Square Cash — the platform’s P2P payment service — also reported strong results. Customers spent a total of $250 million with Cash Card, tripling the amount consumers spent in December 2017.

This year has also seen the launch of bitcoin trading through the Square Cash app. Square reported it had generated $37 million in revenue from bitcoin trading via the app — but Square elected to leave that figure and bitcoin-related costs out of its adjusted revenue.

“We’re not trying to push on the monetization of bitcoin today,” Square’s CFO Sarah Friar said. “The costs are effectively costs for us to go into the market and buy bitcoin.”

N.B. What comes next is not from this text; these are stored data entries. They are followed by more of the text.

//! Why a file is not read.

/// Why a file is not read: its first faulty command, by its number from 1 and the place of its first
/// byte, or want of memory.
#[derive(Clone, Copy, Debug, Drop)]
pub enum FileFault<K> {
    Refused {
        kind: K,
        /// The number of the command, from 1.
        command: u32,
        /// The place of its first byte in the file, from 0.
        at: usize,
    },
    /// Memory is wanted.
    NoMemory,
}
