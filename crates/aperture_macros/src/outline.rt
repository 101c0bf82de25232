//! Outlines: whether they are lawful, and the areas that they bound.
ghost use Rattle.std.specs.Prelude.{◌≡◌, ◌≤◌, ◌+◌, [], All, IfErr, IfOk, Ok, Some, length};
ghost use Rattle.planar.specs.Plane.{IsPlaced};
ghost use Rattle.area_contact.specs.Contour.{IsClosed};
ghost use Rattle.board_shapes.specs.Figures.{filled};
ghost use Rattle.aperture_macros.specs.BodyWord.{past as past_of};
ghost use Rattle.aperture_macros.specs.Images.{area_at, outline_at, outlined, set_down};
ghost use Rattle.aperture_macros.specs.Outlines.{closing_at, last_from, moved_from};
ghost use Rattle.aperture_macros.specs.Seen.{IsMade, IsNoArea, IsRefusal, Makes};
ghost use Rattle.aperture_macros.specs.Sized.{IsSized};
ghost use Rattle.aperture_macros.specs.declared.TheConstants.{MOST_OUTLINE_EDGES};
ghost use Rattle.aperture_macros.specs.declared.primitive.Form.TheVariants as form;

use crate::body_word::past;
use crate::fault::{FigureFault, MacroFault};
use crate::placing::Placing;
use crate::values::point;
use board_shapes::Shape;
use lengths::decimal::{Decimal, Unit};
use planar::{Spot, are_placed, is_same};
use std::alloc::Global;

/// The points of an outline as they are written, one more than its edges, and the parameters of an
/// aperture definition in their unit.
#[derive(Clone, Copy)]
pub struct Outline<'a> {
    pub edges: u32,
    pub text: &'a [u8],
    pub parameters: &'a [Decimal],
    pub unit: Unit,
}

impl Outline<'_> {
    /// Whether the points are lawful, and the last is the first.
    #[tactic(auto, unfolding(crate::specs::Outlines::closing_at))]
    pub fn judge(&self) -> Result<(), MacroFault>
        ensures { result ≡ closing_at self.now.edges self.now.text.now self.now.parameters.now self.now.unit }
    {
        let first = point(self.text, self.parameters, self.unit)?;
        let last = self.last_point(first)?;
        if is_same(last, first) {
            Ok(())
        } else {
            Err(MacroFault::BadMacro)
        }
    }

    // The last of the points behind the first.
    #[tactic(auto, unfolding(crate::specs::Outlines::last_from))]
    fn last_point(&self, first: Spot) -> Result<Spot, MacroFault>
        ensures { result ≡ last_from first self.now.edges (past_of 2 self.now.text.now) self.now.parameters.now self.now.unit }
    {
        let mut last = first;
        let mut rest = past(2, self.text);
        for _ in 0..self.edges {
            last = point(rest, self.parameters, self.unit)?;
            rest = past(2, rest);
        }
        Ok(last)
    }

    /// The area of the outline, set down.
    pub fn figure(&self, alloc: Global, by: Placing) -> Result<Option<Shape>, FigureFault>
        requires sized { IsSized (form.Outline self.now.edges) }
        ensures { Makes result (outlined by.rotation by.at (outline_at self.now.edges self.now.text.now self.now.parameters.now self.now.unit)) }
    {
        match self.judge() {
            Err(fault) => Err(FigureFault::Macro(fault)),
            Ok(()) => self.area(alloc, by),
        }
    }

    // The same where the points are lawful, and the last is the first.
    fn area(&self, alloc: Global, by: Placing) -> Result<Option<Shape>, FigureFault>
        requires sized { IsSized (form.Outline self.now.edges) }
        requires judged { closing_at self.now.edges self.now.text.now self.now.parameters.now self.now.unit ≡ Ok tt }
        ensures { Makes result (outlined by.rotation by.at (outline_at self.now.edges self.now.text.now self.now.parameters.now self.now.unit)) }
    {
        match self.points(alloc, by) {
            Err(fault) => Err(fault),
            Ok(points) => {
                if !are_placed(&points) {
                    return Err(FigureFault::Macro(MacroFault::OutOfRange));
                }
                bounded(alloc, points)
            },
        }
    }

    // The points, each set down as it is read.
    #[tactic(auto, unfolding(crate::specs::Outlines::moved_from))]
    pub fn points(&self, alloc: Global, by: Placing) -> Result<Vec<Spot>, FigureFault>
        requires few { self.now.edges ≤ MOST_OUTLINE_EDGES }
        ensures ok { IfOk result (λ points. moved_from (set_down by.rotation by.at) [] (self.now.edges + 1) self.now.text.now self.now.parameters.now self.now.unit ≡ Ok points.items) }
        ensures fault { IfErr result (IsRefusal (moved_from (set_down by.rotation by.at) [] (self.now.edges + 1) self.now.text.now self.now.parameters.now self.now.unit)) }
    {
        let mut points = Vec::new(alloc);
        let mut rest = self.text;
        for _ in 0..self.edges + 1 {
            let p = match point(rest, self.parameters, self.unit) {
                Ok(p) => p,
                Err(fault) => return Err(FigureFault::Macro(fault)),
            };
            let Ok(()) = points.push(by.moved(p)) else {
                return Err(FigureFault::NoMemory);
            };
            rest = past(2, rest);
        }
        Ok(points)
    }
}

/// The area of these spots; `OutOfRange` where one of them is over 1 m from 0 in x or y.
pub fn area_of(alloc: Global, spots: &[Spot]) -> Result<Option<Shape>, FigureFault>
    requires closed { IsClosed spots.now }
    requires enough { 4 ≤ length spots.now }
    requires not_many { length spots.now ≤ 5001 }
    ensures shape { Makes result (area_at spots.now) }
    ensures no_memory { IsNoArea (area_at spots.now) → IsMade result (area_at spots.now) }
{
    if !are_placed(spots) {
        return Err(FigureFault::Macro(MacroFault::OutOfRange));
    }
    match spots.to_vec(alloc) {
        Ok(points) => bounded(alloc, points),
        Err(_) => Err(FigureFault::NoMemory),
    }
}

// The area that a contour bounds.
fn bounded(alloc: Global, points: Vec<Spot>) -> Result<Option<Shape>, FigureFault>
    requires closed { IsClosed points.items }
    requires enough { 4 ≤ length points.items }
    requires not_many { length points.items ≤ 5001 }
    requires placed { All IsPlaced points.items }
    ensures { Makes result (Ok (Some (filled points.items))) }
{
    match Shape::area_of(alloc, points) {
        Ok(shape) => Ok(Some(shape)),
        Err(_) => Err(FigureFault::NoMemory),
    }
}
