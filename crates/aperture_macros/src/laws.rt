//! Laws over the definitions alone.
ghost use Rattle.aperture_macros.specs.Laws.{FlashesDiscsAlone, StrokesAreSlantedLines};

/// Where copper is taken exactly, each stroke that a primitive flashes is a disc.
pub fn flashes_discs_alone()
    ensures { FlashesDiscsAlone }
{}

/// A stroke that is no disc is that of a vector line along no axis, and runs along none.
pub fn strokes_are_slanted_lines()
    ensures { StrokesAreSlantedLines }
{}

Square’s subscriptions and “services-based revenue” also doubled year over year on an adjusted basis, driven by strong performances by Square Cash, Caviar, Instant Deposit and Square Capital. The company called out its SMB lending business — Square Capital — as having performed particularly strongly, with more than 60,000 loans totaling $390 million

Square missed expectations for adjusted EPS guidance — it predicted between 8 and 10 cents for the third quarter — while analysts were looking for 13 cents. Square issued adjusted revenue guidance between $407 million and $412 million, more than the $350.1 million to $408.2 million forecast by investors.

“If we build remarkable products, it will drive momentum on the top line,” Friar said on a call with reporters.


Despite the slight miss on the forecast, investors like Dan Dolev, executive director and analyst at Nomura Instinet, were mostly unconcerned in light of the strong revenue beat — and the power of products like Cash.

“Investors will give the company a pass because there's no weakness, they're just reinvesting,” Dolev said. “As long as you continue to get that revenue growth, the stock will continue to work.”

There have, however, been some concerns this week — in the run-up to earnings — about Square’s expansion into the wild and weird world of bitcoin trading. Financial services firm William Blair released a note earlier in the week noting that while it is most confident about the firm’s prospects, it is nervous about the bitcoin presence.

“We are a bit nervous about the addition of bitcoin trading, as we are concerned about regulatory and reputation risk. If Square customers lose material amounts of money from trading bitcoin, it could harm the brand’s value,” wrote William Blair.

On the whole, Square is having a very powerful year on the stock market. Shares are up 140 percent over the last year — and 88 percent of that growth has been in the last year.